EXERCISE PROMPT: Which lines below contain "into"? Pull them out.

INFORMATION SUPPLIED:

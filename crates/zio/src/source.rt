ghost use Rattle.std.specs.Prelude.{List, ℕ, IsErr};
ghost use Rattle.std.specs.declared.option.Option.{Option};
ghost use Rattle.std.specs.Io.{ReadsAtMost};
ghost use Rattle.std.specs.Io.KnownBytes.{ReadConsumes};
ghost use Rattle.zbase.specs.Faults.{Counter, Counts};

use zbase::Failed;

/// Where bytes come from, as standard input.
pub trait Source {
    /// The bytes that reads will give, where the source tells.
    ghost left: { Self → Option (List ℕ) };

    /// How often the source has failed.
    ghost counter: { Self → Counter };

    /// Reads into the front of the buffer and answers how many bytes. 0 for a buffer that isn't empty is the end
    /// of the input. A read that failed takes nothing.
    fn read(&mut self, buf: &mut [u8]) -> Result<usize, Failed>
        ensures bound { ReadsAtMost result buf.new }
        ensures bytes { ReadConsumes (left self.old) (left self.new) result buf.new }
        ensures counts { Counts (counter self.old) (counter self.new) (IsErr result) };
}
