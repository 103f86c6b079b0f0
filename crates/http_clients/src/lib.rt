//! The connections of a hub, as a server of HTTP meets them: of each one message is read, on those that sent one a reply is
//! written, and all are closed.
//!
//! `arrive` accepts the connections of a round, and reads the message of each by `hear`, which closes one that has none; `answer`
//! writes the replies of some connections and closes them; `close_all` closes without a word. `specs/Clients` says what a connection
//! is in the end, `specs/Hearing` what reading makes of it, `specs/Arriving` what came so far in a round, and `specs/Ending` what
//! closes it. Nothing here knows a core or a tape, and no server stands on it yet.
#![tactic(auto)]

mod answering;
mod arriving;
mod asked;
mod hearing;

pub use answering::{answer, close_all};
pub use arriving::arrive;
pub use asked::Asked;
pub use hearing::hear;
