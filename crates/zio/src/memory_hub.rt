ghost use Rattle.std.specs.Prelude.{◌≡◌, [], None, Some, option_map, slice_get};
ghost use Rattle.std.specs.Option.{option_copied};
ghost use Rattle.std.specs.declared.option.Option.{Option};
ghost use Rattle.zbase.specs.Faults.{IsFaultless};
ghost use Rattle.zio.specs.MemoryHubs.{connection};

use crate::memory_connection::MemoryConnection;
use crate::part_count::PartCount;
use crate::{Hub, OutsideRefusal};
use std::alloc::Global;
use std::marker::Model;
use std::mem;
use zbase::{Bytes, FaultPlan};

/// A hub in memory, which tells its connections: those that were accepted, and the bytes of those that are
/// going to come.
///
/// The number of a connection is its place among the accepted ones, from 0 on. Each call but `close` and
/// `has_waiting` counts as one call of the plan. Of a piece whose write fails nothing is kept.
#[derive(Drop)]
pub struct MemoryHub {
    port: Option<u16>,
    coming: Vec<Bytes>,
    next: usize,
    accepted: Vec<MemoryConnection>,
    piece: usize,
    plan: FaultPlan,
    listening: PartCount,
    streaming: PartCount,
    alloc: Global,
}

impl Model for MemoryHub {
    ghost use Rattle.std.specs.Prelude.{drop};
    ghost use Rattle.zio.specs.PartCounts.{IsBacked};
    ghost use Rattle.zio.specs.MemoryHubs.{Seen, peers_of};

    ghost Value = { Seen };

    ghost view = { λ hub. record {
      peers = peers_of hub.port hub.accepted.items
          (drop hub.next hub.coming.items);
      counter = hub.plan;
      listening = hub.listening;
      streaming = hub.streaming;
    } };

    ghost invariant = { λ hub. IsBacked hub.listening hub.plan × IsBacked hub.streaming hub.plan };
}

impl MemoryHub {
    /// A hub to which connections with these bytes come in this order, and whose calls fail as the plan says.
    ///
    /// Its counts for some of the calls never say that these can't fail, as those of `faultless` do.
    pub fn new(alloc: Global, coming: Vec<Bytes>, plan: FaultPlan) -> MemoryHub
        ensures peers { ⟦<MemoryHub as Hub>⟧.peers result ≡ Some (record { port = None; accepted = []; coming = coming.items }) }
        ensures counter { ⟦<MemoryHub as Hub>⟧.counter result ≡ plan }
        ensures listening { (⟦<MemoryHub as Hub>⟧.listening result).count ≡ 0 }
        ensures streaming { (⟦<MemoryHub as Hub>⟧.streaming result).count ≡ 0 }
    {
        MemoryHub {
            port: None,
            coming,
            next: 0,
            accepted: Vec::new(alloc),
            piece: usize::MAX,
            plan,
            listening: PartCount::new(),
            streaming: PartCount::new(),
            alloc,
        }
    }

    /// A hub to which connections with these bytes come in this order, and no call of which fails.
    pub fn faultless(alloc: Global, coming: Vec<Bytes>) -> MemoryHub
        ensures peers { ⟦<MemoryHub as Hub>⟧.peers result ≡ Some (record { port = None; accepted = []; coming = coming.items }) }
        ensures counter { IsFaultless (⟦<MemoryHub as Hub>⟧.counter result) }
        ensures listening { IsFaultless (⟦<MemoryHub as Hub>⟧.listening result) }
        ensures streaming { IsFaultless (⟦<MemoryHub as Hub>⟧.streaming result) }
    {
        MemoryHub {
            port: None,
            coming,
            next: 0,
            accepted: Vec::new(alloc),
            piece: usize::MAX,
            plan: FaultPlan::none(alloc),
            listening: PartCount::faultless(),
            streaming: PartCount::faultless(),
            alloc,
        }
    }

    /// The same hub, where a read gives so many bytes at most, and 1 where that is 0.
    pub fn in_pieces(mut self, piece: usize) -> MemoryHub
        ensures { result ≡ self }
    {
        self.piece = piece;
        self
    }

    /// The port that was listened on last.
    pub fn port(&self) -> Option<u16>
        ensures { result ≡ self.now.peers.port }
    {
        self.port
    }

    /// The connection of that number; none where none of that number was accepted.
    pub fn connection(&self, number: usize) -> Option<&MemoryConnection>
        ensures { option_map (connection number) (option_copied result) ≡ slice_get self.now.peers.accepted number }
    {
        self.accepted.get(number)
    }
}

impl Hub for MemoryHub {
    ghost peers = { λ hub. Some hub.peers };

    ghost counter = { λ hub. hub.counter };

    ghost listening = { λ hub. hub.listening };

    ghost streaming = { λ hub. hub.streaming };

    fn listen(&mut self, port: u16) -> Result<(), OutsideRefusal> {
        self.listening.call(&mut self.plan)?;
        self.port = Some(port);
        Ok(())
    }

    fn accept(&mut self) -> Result<Option<u32>, OutsideRefusal> {
        self.listening.call(&mut self.plan)?;
        if self.next >= self.coming.len() {
            return Ok(None);
        }
        let Ok(number) = u32::try_from(self.accepted.len()) else {
            return Err(OutsideRefusal::Memory);
        };
        if self.accepted.try_reserve(1).is_err() {
            return Err(OutsideRefusal::Memory);
        }
        let bytes = mem::replace(&mut self.coming[self.next], Bytes::new(self.alloc));
        self.next += 1;
        self.accepted
            .push_reserved(MemoryConnection::new(self.alloc, bytes, self.piece));
        Ok(Some(number))
    }

    fn has_waiting(&mut self) -> bool {
        self.next < self.coming.len()
    }

    fn read(&mut self, conn: u32, buf: &mut [u8]) -> Result<usize, OutsideRefusal> {
        let connection = &mut self.accepted[conn as usize];
        if self.streaming.call(&mut self.plan).is_err() {
            connection.read_faults = connection.read_faults.saturating_add(1);
            return Err(OutsideRefusal::Failed);
        }
        Ok(connection.left.read(buf))
    }

    fn write_all(&mut self, conn: u32, bytes: &[u8]) -> Result<(), OutsideRefusal> {
        let connection = &mut self.accepted[conn as usize];
        if self.streaming.call(&mut self.plan).is_err() {
            connection.write_faults = connection.write_faults.saturating_add(1);
            return Err(OutsideRefusal::Failed);
        }
        connection.written.append(bytes)?;
        Ok(())
    }

    fn close(&mut self, conn: u32) {
        self.accepted[conn as usize].is_open = false;
    }
}
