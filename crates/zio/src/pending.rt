ghost use Rattle.std.specs.Prelude.{◌≡◌, ◌++◌, [], IfOk, OnOk, IsErrOf};
ghost use Rattle.zbase.specs.Faults.{Counts};
ghost use Rattle.zio.specs.Sinks.{AppendsFront, due};

use crate::{OutsideRefusal, Sink};
use std::alloc::Global;
use std::marker::Model;
use zbase::Memory;

/// The most bytes that are held.
const ROOM: usize = 65_536;

/// Bytes on their way to a sink, to which they go in pieces. Contracts see those that are held.
///
/// The room for them is taken when this is made, so that holding bytes takes no memory. What is held at the end is
/// written by `flush`.
#[derive(Drop)]
pub struct Pending {
    held: Vec<u8>,
}

impl Model for Pending {
    ghost use Rattle.std.specs.Prelude.{◌≤◌, List, ℕ, length, vec_capacity};
    ghost use Rattle.zio.specs.Sinks.{most_held};

    ghost Value = { List ℕ };

    ghost view = { λ pending. pending.held.items };

    ghost invariant = { λ pending. (length pending.held.items ≤ most_held) × (most_held ≤ vec_capacity pending.held) };
}

impl Pending {
    /// No bytes, with room for 65,536.
    pub fn new(alloc: Global) -> Result<Pending, Memory>
        ensures { IfOk result (λ pending. pending ≡ []) }
    {
        Ok(Pending {
            held: Vec::with_capacity(alloc, ROOM)?,
        })
    }

    /// Holds these bytes too. Where there is no room for them, what is held is written first; more bytes than there
    /// ever is room for are written at once.
    pub fn put<K: Sink>(&mut self, bytes: &[u8], out: &mut K) -> Result<(), OutsideRefusal>
        ensures ok { OnOk result (due (K.written out.new) self.new ≡ due (K.written out.old) (self.old ++ bytes.now)) }
        ensures failed { IsErrOf result OutsideRefusal.Failed → (self.new ≡ []) × AppendsFront (K.written out.old) (K.written out.new) (self.old ++ bytes.now) }
        ensures memory { IsErrOf result OutsideRefusal.Memory → due (K.written out.new) self.new ≡ due (K.written out.old) self.old }
        ensures counts { Counts (K.counter out.old) (K.counter out.new) (IsErrOf result OutsideRefusal.Failed) }
    {
        if bytes.len() > ROOM - self.held.len() {
            self.flush(out)?;
        }
        if bytes.len() > ROOM {
            return out.write_all(bytes);
        }
        match self.held.extend_from_slice(bytes) {
            Ok(()) => Ok(()),
            // the room was taken
            Err(_) => unreachable!(),
        }
    }

    /// Writes what is held. After a fault of the sink nothing is held any more.
    pub fn flush<K: Sink>(&mut self, out: &mut K) -> Result<(), OutsideRefusal>
        ensures ok { OnOk result ((self.new ≡ []) × (K.written out.new ≡ due (K.written out.old) self.old)) }
        ensures failed { IsErrOf result OutsideRefusal.Failed → (self.new ≡ []) × AppendsFront (K.written out.old) (K.written out.new) self.old }
        ensures memory { IsErrOf result OutsideRefusal.Memory → (self.new ≡ self.old) × (K.written out.new ≡ K.written out.old) }
        ensures counts { Counts (K.counter out.old) (K.counter out.new) (IsErrOf result OutsideRefusal.Failed) }
    {
        if self.held.is_empty() {
            return Ok(());
        }
        match out.write_all(self.held.as_slice()) {
            Err(OutsideRefusal::Memory) => Err(OutsideRefusal::Memory),
            written => {
                self.held.clear();
                written
            }
        }
    }
}
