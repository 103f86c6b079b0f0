ghost use Rattle.std.specs.Prelude.{◌≡◌, ◌<◌, ℕ, ⊤, List, Some, Err, false, length, slice_get};
ghost use Rattle.zio.specs.HubCalls.{WasOpen};
ghost use Rattle.http_clients.specs.Ending.{Ends, EndsAll, Sends, SendsReply, WereOpen};

use zbase::Bytes;
use zio::{Hub, OutsideRefusal};

// Whether memory was wanting for a write.
fn lacks_memory(wrote: &Result<(), OutsideRefusal>) -> bool
    ensures { result ≡ false → wrote.now ≡ Err OutsideRefusal.Memory → ⊥ }
{
    match wrote {
        Ok(()) => false,
        Err(OutsideRefusal::Failed) => false,
        Err(OutsideRefusal::Memory) => true,
    }
}

// Writes a reply and closes the connection, also where the write fails. Whether memory was wanting for that.
fn answer_one<H: Hub>(hub: &mut H, conn: u32, reply: &[u8]) -> bool
    requires open { WasOpen conn (H.peers hub.old) }
    ensures ended { Ends conn (λ end. result ≡ false → Sends reply.now end) (H.peers hub.old) (H.peers hub.new) }
    ensures listening { H.listening hub.new ≡ H.listening hub.old }
{
    let wrote = hub.write_all(conn, reply);
    hub.close(conn);
    lacks_memory(&wrote)
}

/// Writes each worker's reply on its connection, and closes all of them. Whether memory was wanting for one of them.
pub fn answer<H: Hub>(hub: &mut H, numbers: &[u32], replies: &[Option<Bytes>]) -> bool
    requires open { WereOpen numbers.now (H.peers hub.old) }
    requires replies { (w : ℕ) → w < length numbers.now → (reply : List ℕ) × (slice_get replies.now w ≡ Some (Some reply)) }
    ensures ended { EndsAll (λ w end. result ≡ false → SendsReply replies.now w end) numbers.now (H.peers hub.old) (H.peers hub.new) }
    ensures listening { H.listening hub.new ≡ H.listening hub.old }
{
    let mut short = false;
    for (worker, conn) in numbers.iter().enumerate() {
        let Some(reply) = &replies[worker] else {
            // Each worker has its reply.
            unreachable!();
        };
        let lacks = answer_one(hub, *conn, reply.as_slice());
        short = short || lacks;
    }
    short
}

/// Closes all of these connections.
pub fn close_all<H: Hub>(hub: &mut H, numbers: &[u32])
    requires open { WereOpen numbers.now (H.peers hub.old) }
    ensures ended { EndsAll (λ w end. ⊤) numbers.now (H.peers hub.old) (H.peers hub.new) }
    ensures listening { H.listening hub.new ≡ H.listening hub.old }
{
    for conn in numbers {
        hub.close(*conn);
    }
}
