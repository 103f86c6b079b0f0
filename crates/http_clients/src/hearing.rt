ghost use Rattle.std.specs.Prelude.{◌≡◌, ◌⊎◌, ◌++◌, ◌<◌, ℕ, List, [], None, Some, IfOk, IfSome, IsErr, Ok, false, true, length, take};
ghost use Rattle.zio.specs.HubCalls.{WasOpen};
ghost use Rattle.http_in.specs.Messages.{asked, one_message};
ghost use Rattle.http_clients.specs.Hearing.{AsksFor, Comes, HearsAll, HearsOn, Passes, PassesUnheard, Stops, TellsStill};

use http_in::{Message, Reader, one_connection, one_message_alone};
use std::alloc::Global;
use zbase::{Bytes, Memory};
use zio::{Hub, OutsideRefusal};

/// How many bytes are asked of a connection at once.
const PIECE: usize = 4096;

// Reads a piece of a connection into the reader. False where the connection ends, or the read fails.
fn read_piece<H: Hub>(
    hub: &mut H,
    conn: u32,
    reader: &mut Reader,
    piece: &mut [u8],
) -> Result<bool, Memory>
    requires open { WasOpen conn (H.peers hub.old) }
    requires some { 0 < length piece.old }
    ensures more { result ≡ Ok true → (given : List ℕ) × (0 < length given) × (reader.new.rest ≡ reader.old.rest ++ given)
        × TellsStill (H.peers hub.old) (H.peers hub.new) (Comes conn given) }
    ensures stops { result ≡ Ok false → (reader.new.rest ≡ reader.old.rest) × TellsStill (H.peers hub.old) (H.peers hub.new) (Stops conn) }
    ensures err { IsErr result → (given : List ℕ) × TellsStill (H.peers hub.old) (H.peers hub.new) (λ p q. (q ≡ p) ⊎ Comes conn given p q) }
    ensures long { length piece.new ≡ length piece.old }
    ensures listening { H.listening hub.new ≡ H.listening hub.old }
{
    match hub.read(conn, piece) {
        Ok(0) => Ok(false),
        Ok(count) => {
            reader.feed(&piece[..count])?;
            Ok(true)
        }
        Err(OutsideRefusal::Failed) => Ok(false),
        Err(OutsideRefusal::Memory) => Err(Memory),
    }
}

// Reads from a connection until its bytes hold a message: that, with its bytes. None where the connection ends before, or a read
// of it fails.
fn read_message<H: Hub>(
    alloc: Global,
    hub: &mut H,
    conn: u32,
) -> Result<Option<(Message, Bytes)>, Memory>
    requires open { WasOpen conn (H.peers hub.old) }
    ensures some { IfOk result (λ heard. IfSome heard (λ x. (given : List ℕ) × (asked given ≡ Some (x.0, length x.1)) × (x.1 ≡ take (length x.1) given)
        × TellsStill (H.peers hub.old) (H.peers hub.new) (HearsOn conn given))) }
    ensures none { result ≡ Ok None → (given : List ℕ) × (asked given ≡ None) × TellsStill (H.peers hub.old) (H.peers hub.new) (HearsAll conn given) }
    ensures err { IsErr result → (given : List ℕ) × TellsStill (H.peers hub.old) (H.peers hub.new) (HearsOn conn given) }
    ensures listening { H.listening hub.new ≡ H.listening hub.old }
{
    one_message_alone();
    let mut piece = [0; PIECE];
    let mut reader = Reader::new(alloc);
    'reading: loop {
        if let Some(message) = reader.next()? {
            let bytes = Bytes::from_slice(alloc, reader.taken())?;
            return Ok(Some((message, bytes)));
        }
        if !read_piece(hub, conn, &mut reader, &mut piece)? {
            return Ok(None);
        }
    }
}

/// The message of a connection that was accepted, with its bytes. A connection without one is closed.
pub fn hear<H: Hub>(
    alloc: Global,
    hub: &mut H,
    conn: u32,
) -> Result<Option<(Message, Bytes)>, Memory>
    requires open { WasOpen conn (H.peers hub.old) }
    ensures one { IfOk result (λ heard. IfSome heard (λ x. one_message x.1 ≡ Some x.0)) }
    ensures some { IfOk result (λ heard. IfSome heard (λ x. TellsStill (H.peers hub.old) (H.peers hub.new) (AsksFor conn x.1))) }
    ensures none { result ≡ Ok None → TellsStill (H.peers hub.old) (H.peers hub.new) (PassesUnheard conn) }
    ensures err { IsErr result → TellsStill (H.peers hub.old) (H.peers hub.new) (Passes conn) }
    ensures listening { H.listening hub.new ≡ H.listening hub.old }
{
    one_message_alone();
    one_connection();
    match read_message(alloc, hub, conn) {
        Ok(Some((message, bytes))) => Ok(Some((message, bytes))),
        Ok(None) => {
            hub.close(conn);
            Ok(None)
        }
        Err(memory) => {
            hub.close(conn);
            Err(memory)
        }
    }
}
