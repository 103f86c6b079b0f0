//! Scans, checks and walks files in memory, for each case of the files that its words name, and tells which are wrong.
#![tactic(auto)]

mod running;
mod telling;

use cases::run_files;
use running::FileRuns;
use std::io;
use std::process::ExitCode;

fn main(rt: HostRuntime) -> io::Result<ExitCode> {
    run_files(&rt, &FileRuns)
}
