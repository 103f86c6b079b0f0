ghost use Rattle.std.specs.Prelude.{◌≡◌, ℕ, List, Option, IfOk};

use zbase::{Memory, Oids};

/// What tells to which objects an object leads.
pub trait Links {
    /// What bytes link to.
    ghost linked: { List ℕ → Option (List ℕ) };

    /// The parent and the children of the object that the bytes spell; none exactly where they spell none.
    fn links(&self, bytes: &[u8]) -> Result<Option<Oids>, Memory>
        ensures { IfOk result (λ found. found ≡ linked bytes.now) };
}
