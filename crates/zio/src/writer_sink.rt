ghost use Rattle.std.specs.Prelude.{◌≡◌, None};
ghost use Rattle.std.specs.declared.option.Option.{Option};

use crate::{OutsideRefusal, Sink};
use std::io::Write;
use zbase::FaultCount;

/// A sink over any writer. It tells only how often it has failed, and never flushes the writer.
#[derive(Drop)]
pub struct WriterSink<W> {
    writer: W,
    faults: FaultCount,
}

impl<W: Write> WriterSink<W> {
    /// A sink over this writer, which has not failed so far.
    pub fn new(writer: W) -> WriterSink<W>
        ensures count { (⟦<WriterSink<W> as Sink>⟧.counter result).count ≡ 0 }
    {
        WriterSink {
            writer,
            faults: FaultCount::new(),
        }
    }
}

impl<W: Write> Sink for WriterSink<W> {
    ghost written = { λ _. None };

    ghost counter = { λ sink. sink.faults };

    fn write_all(&mut self, bytes: &[u8]) -> Result<(), OutsideRefusal> {
        match self.writer.write_all(bytes) {
            Ok(()) => Ok(()),
            Err(_) => Err(self.faults.fault().into()),
        }
    }
}
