ghost use Rattle.std.specs.Prelude.{◌≡◌, IsErr, false, true};
ghost use Rattle.zbase.specs.Faults.{Counter, Counts, no_arms};
ghost use Rattle.zio.specs.PartCounts.{IsBacked};

use std::marker::Model;
use zbase::{Failed, FaultPlan};

/// How often some of an object's calls have failed, where a plan counts all of its calls; it counts none itself.
#[derive(Drop)]
pub struct PartCount {
    faults: u64,
    sound: bool,
}

impl Model for PartCount {
    ghost Value = { Counter };

    ghost view = { λ part. record { count = part.faults; sound = part.sound; calls = 0; arms = no_arms } };
}

impl PartCount {
    /// None so far, of calls that may fail.
    pub fn new() -> PartCount
        ensures { result ≡ record { count = 0; sound = false; calls = 0; arms = no_arms } }
    {
        PartCount {
            faults: 0,
            sound: false,
        }
    }

    /// None so far, of calls that can't fail.
    pub fn faultless() -> PartCount
        ensures { result ≡ record { count = 0; sound = true; calls = 0; arms = no_arms } }
    {
        PartCount {
            faults: 0,
            sound: true,
        }
    }

    /// Counts a call, which fails where the plan says so.
    pub fn call(&mut self, plan: &mut FaultPlan) -> Result<(), Failed>
        requires backed { IsBacked self.old plan.old }
        ensures part { Counts self.old self.new (IsErr result) }
        ensures plan { Counts plan.old plan.new (IsErr result) }
        ensures backed { IsBacked self.new plan.new }
    {
        let result = plan.call();
        if result.is_err() {
            self.faults = self.faults.saturating_add(1);
        }
        result
    }
}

OUTPUT BELOW:
    /// Reads into the front of the buffer and answers how many bytes. 0 for a buffer that isn't empty is the end
// Reads a piece of a connection into the reader. False where the connection ends, or the read fails.
            Err(_) => Err(self.faults.fault().into()),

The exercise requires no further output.